SUBSCRIBER CONTENT: From the Atlanta Business Chronicle, February 12, 2016

Georgia, like every other state and the federal government, has its own sets of special interest groups that attempt to shape if not control the direction of the government. Many of them include large corporations, public utilities, unions, environmental groups, and single-issue groups like immigration, religious, and one-time issue groups.

Over time, the characters on the stage often come and go as the issues of the day change. Others weather the tests of time and remain as virtually permanent fixtures on the political stage as legislatures and governors come and go. Two of these perennial public affairs/lobbying powerhouses are the Georgia Chamber of Commerce and the State Bar of Georgia.

For some time now, the governing body of the State Bar of Georgia has steadily drifted toward being a largely plaintiffs’ trial lawyer group with former leaders of the Georgia Trial Lawyers Association serving in a variety of capacities in the State

Bar of Georgia. Mostly, this has been the result of dwindling interest among the vast majority of Georgia lawyers giving way to more and more control by the remaining plaintiffs’ bar who remain vested and interested in control.

On the other side, the Georgia Chamber of Commerce is an organization dedicated to helping Georgia businesses grow and prosper.
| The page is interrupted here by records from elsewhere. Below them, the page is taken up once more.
//! Creates, openings, commits and merges that a failing device or a crash cuts off.

use crate::case_histories::Histories;
use crate::crash_images::{Left, after_crash};
use case_lines::{Arguments, Refusal, flag, text};
use definitions::Fault;
use histories::calls;
use serde_json::Value;

impl Histories {
    /// Makes an index of settings over a device of its own that takes a number of calls, and fails the next.
    pub(crate) fn create_until(&mut self, arguments: &Arguments) -> Result<Value, Refusal> {
        let calls = arguments.number(0)?;
        self.put_new(arguments.value(1)?, calls.saturating_add(1))?;
        Ok(flag(true))
    }

    /// Opens the file of the index that stands over a device that takes a number of calls, and fails the next.
    pub(crate) fn open_until(&mut self, arguments: &Arguments) -> Result<Value, Refusal> {
        let calls = arguments.number(0)?;
        let device = self.take_device()?;
        self.put_opened(device, calls.saturating_add(1))?;
        Ok(flag(true))
    }

    /// Commits, and opens what a crash leaves then, in which each byte that isn't sure to be on the disk is the given
    /// one. Answers how the commit ended.
    pub(crate) fn crash(&mut self, arguments: &Arguments, left: Left) -> Result<Value, Refusal> {
        let byte = arguments.byte(0)?;
        let ended = calls::commit(self.standing_mut()?);
        self.open_after_crash(byte, left, ended)
    }

    /// Merges a range of the committed segments, and opens what a crash leaves then, in which each byte that isn't sure
    /// to be on the disk is the given one. Answers how the merge ended.
    pub(crate) fn crash_merge(
        &mut self,
        arguments: &Arguments,
        left: Left,
    ) -> Result<Value, Refusal> {
        let byte = arguments.byte(0)?;
        let from = arguments.number(1)? as usize;
        let to = arguments.number(2)? as usize;
        let ended = calls::merge(self.standing_mut()?, from..to);
        self.open_after_crash(byte, left, ended)
    }

    /// Opens a file over a device that takes a number of calls, and tells what a crash leaves.
    pub(crate) fn crash_open(
        &mut self,
        arguments: &Arguments,
        left: Left,
    ) -> Result<Value, Refusal> {
        let byte = arguments.byte(0)?;
        let calls = arguments.number(1)?;
        let device = self.take_device()?;
        let ended = self.put_opened(device, calls.saturating_add(1));
        self.open_after_crash(byte, left, ended)
    }

    /// Makes an index over a device that takes a number of calls. What a crash leaves then stands, and isn't opened.
    pub(crate) fn crash_create(
        &mut self,
        arguments: &Arguments,
        left: Left,
    ) -> Result<Value, Refusal> {
        let byte = arguments.byte(0)?;
        let calls = arguments.number(1)?;
        let ended = self.put_new(arguments.value(2)?, calls.saturating_add(1));
        let device = after_crash(self.alloc, &self.take_device()?, byte, left)?;
        self.put_closed(device);
        Ok(text(self.alloc, ending(ended))?)
    }

    /// Opens what a crash leaves after a call that ended so.
    fn open_after_crash(
        &mut self,
        byte: u8,
        left: Left,
        ended: Result<(), Fault>,
    ) -> Result<Value, Refusal> {
        let device = after_crash(self.alloc, &self.take_device()?, byte, left)?;
        self.put_opened(device, u64::MAX)?;
        Ok(text(self.alloc, ending(ended))?)
    }
}

/// The name of how a call ended.
pub(crate) fn ending(ended: Result<(), Fault>) -> &'static str {
    match ended {
        Ok(()) => "Ok",
        Err(fault) => fault.name(),
    }
}
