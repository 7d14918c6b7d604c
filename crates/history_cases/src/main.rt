//! `history_cases`: answers histories of calls of an index. Each line of standard input is a call with its arguments,
//! and the line of standard output with the same number is its answer.
#![tactic(auto)]

mod case_histories;
mod changes;
mod crash_images;
mod crash_lengths;
mod crashes;
mod searches;

use case_histories::Histories;
use case_lines::answers;
use serde_json::Value;
use std::io;
use std::process::ExitCode;

fn main(rt: HostRuntime) -> ExitCode {
    let alloc = rt.alloc();
    let Ok(text) = io::read_to_string(alloc, rt.reader()) else {
        return ExitCode::FAILURE;
    };
    let mut histories = Histories {
        alloc,
        schema: Value::Null,
        index: None,
        device: None,
    };
    let Ok(answers) = answers(alloc, &mut histories, &text) else {
        return ExitCode::FAILURE;
    };
    match print!(rt; "{answers}") {
        Ok(()) => ExitCode::SUCCESS,
        Err(_) => ExitCode::FAILURE,
    }
}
Needless to say, lawsuits and plaintiffs’ trial lawyers are not exactly what most members of the Chamber of Commerce have in mind as a friendly environment for businesses — either large or small.

And so, these two groups have co-existed for decades creating an almost constant tug of war for the attention, if not control, of the legislature and the governor’s office. The challenge for legislators and governors has been to walk the fine line between the two. Until the early years of the new millennia, plaintiffs’ trial lawyers (willing to open their checkbooks with sizable donations) often got the better end of the deal as financial mainstays of the Democratic Party of Georgia.

While tempered by the bureaucracy of the Bar (and members who represented more conservative parts of the state), the State Bar often served in the past as the nonpartisan cover for both legislators and governors satisfied to let some pro-lawsuit legislation drift through the legislative process. But all of that changed in 2002 and the years that followed when Georgians elected Republican Gov. Sonny Perdue and a Republican legislature.

To describe the relationship between the Bar and the Perdue Administration as cool would be a gross understatement. It was an iceberg. And, comprehensive tort reform drove the relationship into a full blown ice age. Meanwhile, the Chamber of Commerce grew bolder and bolder, eventually actually finding and funding a candidate to run against a sitting Georgia Supreme Court Justice. As it turned out, it was a step too far.

Under the Gold Dome, Gov. Perdue and his majorities, on the one hand, and the State Bar of Georgia, on the other, made no secret of their antipathy for each other. But toward the end of Gov. Perdue’s term, a political détente of sorts emerged.

In 2010, Georgians elected Republican Gov. Nathan Deal, a member of the Bar. Almost immediately, his focus was on building a bridge capable of sustaining communication and ideas acceptable to both the business community and the legal community.

His stated goal was to make Georgia the number-one place in the country to do business. His first step was comprehensive criminal justice reform — a topic near and dear to the hearts of many Georgia lawyers.

In some part, two political dynamics aided his efforts. First, the Bar and most Georgia lawyers, even the most politically active ones, recognized that Republican control was here to stay for a while. And the Chamber of Commerce recognized from its unsuccessful foray directly into the political process that the Chamber had its limits.

Make no mistake, Gov. Deal, himself a lawyer, made repeated personal efforts to bridge the gap — attending and speaking at the annual meeting of the State Bar of Georgia and reaching out both publicly and privately to Bar leaders while continuing his relationships within the Chamber of Commerce.

Yet, ultimately a productive working relationship matured into a stable relationship with the help of two Bar presidents. As the former president of the Georgia Trial Lawyers’ Association, State Bar President Robin Clarke was the last person most people expected to provide the building blocks for a sustainable working relationship with the Governor’s Office and the legislature. But she did.

While she left no doubt regarding her own personal convictions, she was laser-focused on finding the things that the governor and she could agree on rather than dwell on the things that divided them. In every respect, she put the interests of the State Bar of Georgia ahead of any agenda she might have as an individual citizen.

She was followed by Bar President Buck Ruffin who, focusing on Georgia’s future, sealed the deal by institutionalizing relationships to keep lines of communication open and encourage ongoing collaboration. Indeed, Gov.

Deal’s former deputy executive counsel is now the head of public affairs at the Bar.

Of course, there continue to be differences. Even now, the Bar and the Chamber differ over pending legislation governing e-discovery in lawsuits. Yet, unlike the past where such disagreements erupted into open war, watch now as the differences get ironed out and the focus remains on getting it right. This is a major reason why Georgia continues to hold the title of Top State for Doing Business.

Randy Evans is an attorney and columnist.